Sci Rep. 2024 Aug 28;14(1):20031. doi: 10.1038/s41598-024-70610-4.

Abstract

This study presents an innovative approach for predicting water and groundwater quality indices (WQI and GWQI) in the Eastern Province of Saudi Arabia, addressing critical challenges of scarcity and pollution in arid regions. Recent literature highlights the increasing attention towards WQI based on water pollution index (WPI) and GWQI as essential tools for simplifying complex hydrogeological data, thereby facilitating effective groundwater management and protection. Unlike previous works, the present research introduces a novel hybrid method that integrates non-parametric kernel Gaussian learning (GPR), adaptive neuro-fuzzy inference system (ANFIS), and decision tree (DT) algorithms. This approach marks the first application of a non-parametric kernel for groundwater quality pollution index prediction in Saudi Arabia, offering a significant advancement in the field. Through laboratory analysis and the combination of various machine learning (ML) techniques, this study enhances prediction capabilities, particularly for unmonitored sites in arid and semi-arid regions. The study's objectives include feature engineering based on dependency sensitivity analysis to identify the most influential variables affecting WQI and GWQI, and the development of predictive models using ANFIS, GPR, and DT for both indices. Furthermore, it aims to assess the impact of different data portions on WQI and GWQI predictions, exploring data divisions such as (70% / 30%), (60% / 40%), and (80% / 20%) for training and testing phase, respectively. By filling a critical gap in water resource management, this research offers significant implications for the prediction of water quality in regions facing similar environmental challenges. Through its innovative methodology and comprehensive analysis, this study contributes to the broader effort of managing and protecting water resources in arid and semi-arid areas.

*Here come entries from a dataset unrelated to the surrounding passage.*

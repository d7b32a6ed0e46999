//! Literals of values, and expressions with names replaced by literals.
ghost use Rattle.std.specs.Prelude.{◌≡◌, IfOk, reverse};
ghost use Rattle.poets_expr.specs.Expression.{expression_of};
ghost use Rattle.poets_expr.specs.OfExpr.{subst_expr};
ghost use Rattle.poets_expr.specs.Subst as spec;

use crate::build::boxed;
use crate::expr::{Expr, Given};
use poets_value::{Memory, Name, Value};
use std::alloc::Global;

/// The literal of a value; of an undefined one `Undefined` of its type. An agent or a kind is its name.
pub fn literal(given: &Given) -> Expr
    ensures { expression_of result ≡ spec.literal given.now }
{
    match given.value {
        None => Expr::Undefined(given.ty),
        Some(Value::Int(n)) => Expr::Int(n),
        Some(Value::Bool(b)) => Expr::Bool(b),
        Some(Value::Agent(name)) => Expr::Name(name),
        Some(Value::Kind(name)) => Expr::Name(name),
        Some(Value::Resource(resource)) => Expr::Res(resource),
        Some(Value::Day(day)) => Expr::Day(day),
    }
}

// What a name is replaced by.
fn replaced(pairs: &[(Name, Given)], name: Name) -> Expr
    ensures { expression_of result ≡ spec.replaced (reverse pairs.now) name }
{
    let mut found = Expr::Name(name);
    for pair in pairs {
        if pair.0 == name {
            found = literal(&pair.1);
        }
    }
    found
}

/// The expression with its names replaced by literals. A later pair hides an earlier one, and a name without a pair stays.
#[cycle(subst)]
pub fn subst(alloc: Global, e: &Expr, pairs: &[(Name, Given)]) -> Result<Expr, Memory>
    ensures { IfOk result (λ r. expression_of r ≡ subst_expr pairs.now e.now) }
{
    match e {
        Expr::Int(n) => Ok(Expr::Int(*n)),
        Expr::Bool(b) => Ok(Expr::Bool(*b)),
        Expr::Day(day) => Ok(Expr::Day(*day)),
        Expr::Res(resource) => Ok(Expr::Res(*resource)),
        Expr::Undefined(ty) => Ok(Expr::Undefined(*ty)),
        Expr::Name(name) => Ok(replaced(pairs, *name)),
        Expr::Neg(a) => Ok(Expr::Neg(boxed_subst(alloc, a, pairs)?)),
        Expr::Not(a) => Ok(Expr::Not(boxed_subst(alloc, a, pairs)?)),
        Expr::Amount(a) => Ok(Expr::Amount(boxed_subst(alloc, a, pairs)?)),
        Expr::KindOf(a) => Ok(Expr::KindOf(boxed_subst(alloc, a, pairs)?)),
        Expr::Make(a, b) => {
            let a = boxed_subst(alloc, a, pairs)?;
            let b = boxed_subst(alloc, b, pairs)?;
            Ok(Expr::Make(a, b))
        }
        Expr::Op(op, a, b) => {
            let a = boxed_subst(alloc, a, pairs)?;
            let b = boxed_subst(alloc, b, pairs)?;
            Ok(Expr::Op(*op, a, b))
        }
        Expr::If(a, b, c) => {
            let a = boxed_subst(alloc, a, pairs)?;
            let b = boxed_subst(alloc, b, pairs)?;
            let c = boxed_subst(alloc, c, pairs)?;
            Ok(Expr::If(a, b, c))
        }
    }
}

// Such an expression in a box of its own.
#[cycle(subst)]
fn boxed_subst(alloc: Global, e: &Expr, pairs: &[(Name, Given)]) -> Result<Box<Expr>, Memory>
    ensures { IfOk result (λ r. expression_of r.value ≡ subst_expr pairs.now e.now) }
{
    boxed(alloc, subst(alloc, e, pairs)?)
}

The result proved that GPR-M1 exhibited exceptional testing phase accuracy with RMSE = 0.0169 for GWQI. Similarly, for WPI, the ANFIS-M1 achieved high testing predictive skills with RMSE = 0.0401. The results emphasize the critical role of data quality and quantity in training for enhancing model robustness and prediction precision in water quality assessment.

Keywords: Eastern Province; Environmental monitoring; Groundwater quality; Machine learning; Saudi Arabia; Water pollution.